Stadthagen. Eigentlich sollten demnach etliche Hauptverkehrsstraßen längst mit Schutzstreifen für Radfahrer markiert sein. Das gilt für die Vornhäger-, die Lauenhäger- und die Enzer Straße sowie für St. Annen. Doch überall besteht laut Hegemann der dringende Bedarf an einer Sanierung der Fahrbahndecken. Weil es sich um Landesstraßen handelt, muss dies vom Land geleistet werden.

Wie Markus Brockmann, Leiter der Landesbehörde für Straßenbau in Hameln, auf Anfrage bestätigte, „wird auf den genannten Straßen im laufenden Jahr aus finanziellen Gründen nichts passieren“. Und weiter: „Wir haben dort auch darüber hinaus noch nichts konkret ins Auge gefasst.“

Das städtische Bauamt will aber laut Hegemann erst Schutzstreifen aufbringen, wenn eine neue Fahrbahndecke vorhanden ist. „Wir wollen nicht kostenträchtig Markierungen vornehmen, die mittelfristig unter einer neuen Decke verschwinden und wir die Aktion wiederholen müssen.“

Ausnahmen stellen nach den Worten von Hegemann die Oberntorstraße und St. Annen dar. Hier gehe man davon aus, dass das Land auf lange Sicht nichts unternimmt. Die Notwendigkeit, die Situation für Radfahrer zu verbessern, sei aber gerade dort sehr dringend. „Eine sichere Führung der Radfahrer gibt es dort nicht“, so der Bauamtschef. Das gelte insbesondere für den Abschnitt der Oberntorstraße zwischen der Schacht- und der Krebshäger Straße. Dieser werde unter anderem viel von radelnden Schülern benutzt, die in Richtung der Schulen an der Jahnstraße und zurück unterwegs sind.

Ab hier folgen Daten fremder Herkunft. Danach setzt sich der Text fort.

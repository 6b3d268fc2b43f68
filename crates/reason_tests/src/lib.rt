//! Tests of the public calls of the crates of reasons that no command reaches. What the commands
//! reach is tested on the built program.
#![tactic(auto)]

#[cfg(test)]
mod ahead;
#[cfg(test)]
mod answers;
#[cfg(test)]
mod texts;
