//! Lines made of segments.

ghost use Rattle.std.specs.Prelude.{◌≡◌, ◌++◌, false, true};
ghost use Rattle.edn.specs.Sent.{Writes};
ghost use Rattle.report.specs.Lines.{comment_text};
ghost use Rattle.report.specs.Segments.{segment_text, segments_text};

use edn::{Failed, Sink, write_bytes, write_integer, write_natural};

/// A part of a line.
#[derive(Clone, Copy)]
pub(crate) enum Segment {
    Text(&'static [u8]),
    Natural(usize),
    Integer(i64),
}

fn write_segment<S: Sink>(segment: Segment, sink: &mut S) -> Result<(), Failed>
    requires { S.broken sink.old ≡ false }
    ensures sent { Writes result (S.sent sink.old) (S.sent sink.new) (S.broken sink.new)
        (segment_text segment) }
{
    match segment {
        Segment::Text(text) => write_bytes(text, sink),
        Segment::Natural(n) => write_natural(n as u64, sink),
        Segment::Integer(n) => write_integer(n, sink),
    }
}

/// Writes the segments, one after the other.
fn write_segments<S: Sink>(segments: &[Segment], sink: &mut S) -> Result<(), Failed>
    requires { S.broken sink.old ≡ false }
    ensures sent { Writes result (S.sent sink.old) (S.sent sink.new) (S.broken sink.new)
        (segments_text segments.now) }
{
    for segment in segments {
        write_segment(*segment, sink)?;
    }
    Ok(())
}

/// Writes `; ` if the line is a comment.
fn write_comment<S: Sink>(commented: bool, sink: &mut S) -> Result<(), Failed>
    requires { S.broken sink.old ≡ false }
    ensures sent { Writes result (S.sent sink.old) (S.sent sink.new) (S.broken sink.new)
        (comment_text commented) }
{
    write_bytes(if commented { b"; " } else { b"" }, sink)
}

/// Writes these segments, of which the last has the line feed, as a line.
pub(crate) fn write_line<S: Sink>(
    commented: bool,
    segments: &[Segment],
    sink: &mut S,
) -> Result<(), Failed>
    requires { S.broken sink.old ≡ false }
    ensures sent { Writes result (S.sent sink.old) (S.sent sink.new) (S.broken sink.new)
        (comment_text commented ++ segments_text segments.now) }
{
    write_comment(commented, sink)?;
    write_segments(segments, sink)
}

Aus diesem Grund werde das Bauamt den Politikern in diesem Jahr den Bau eines ausreichend breiten Geh- und Radweges zumindest auf einer Seite dieses Abschnitts durch Finanzmittel der Stadt vorschlagen. Dafür sei „ein niedriger sechsstelliger Betrag“ einzukalkulieren. Darüber müsse letztlich der Rat entscheiden. Zudem wolle man in 2015 Schutzstreifen auf St. Annen markieren.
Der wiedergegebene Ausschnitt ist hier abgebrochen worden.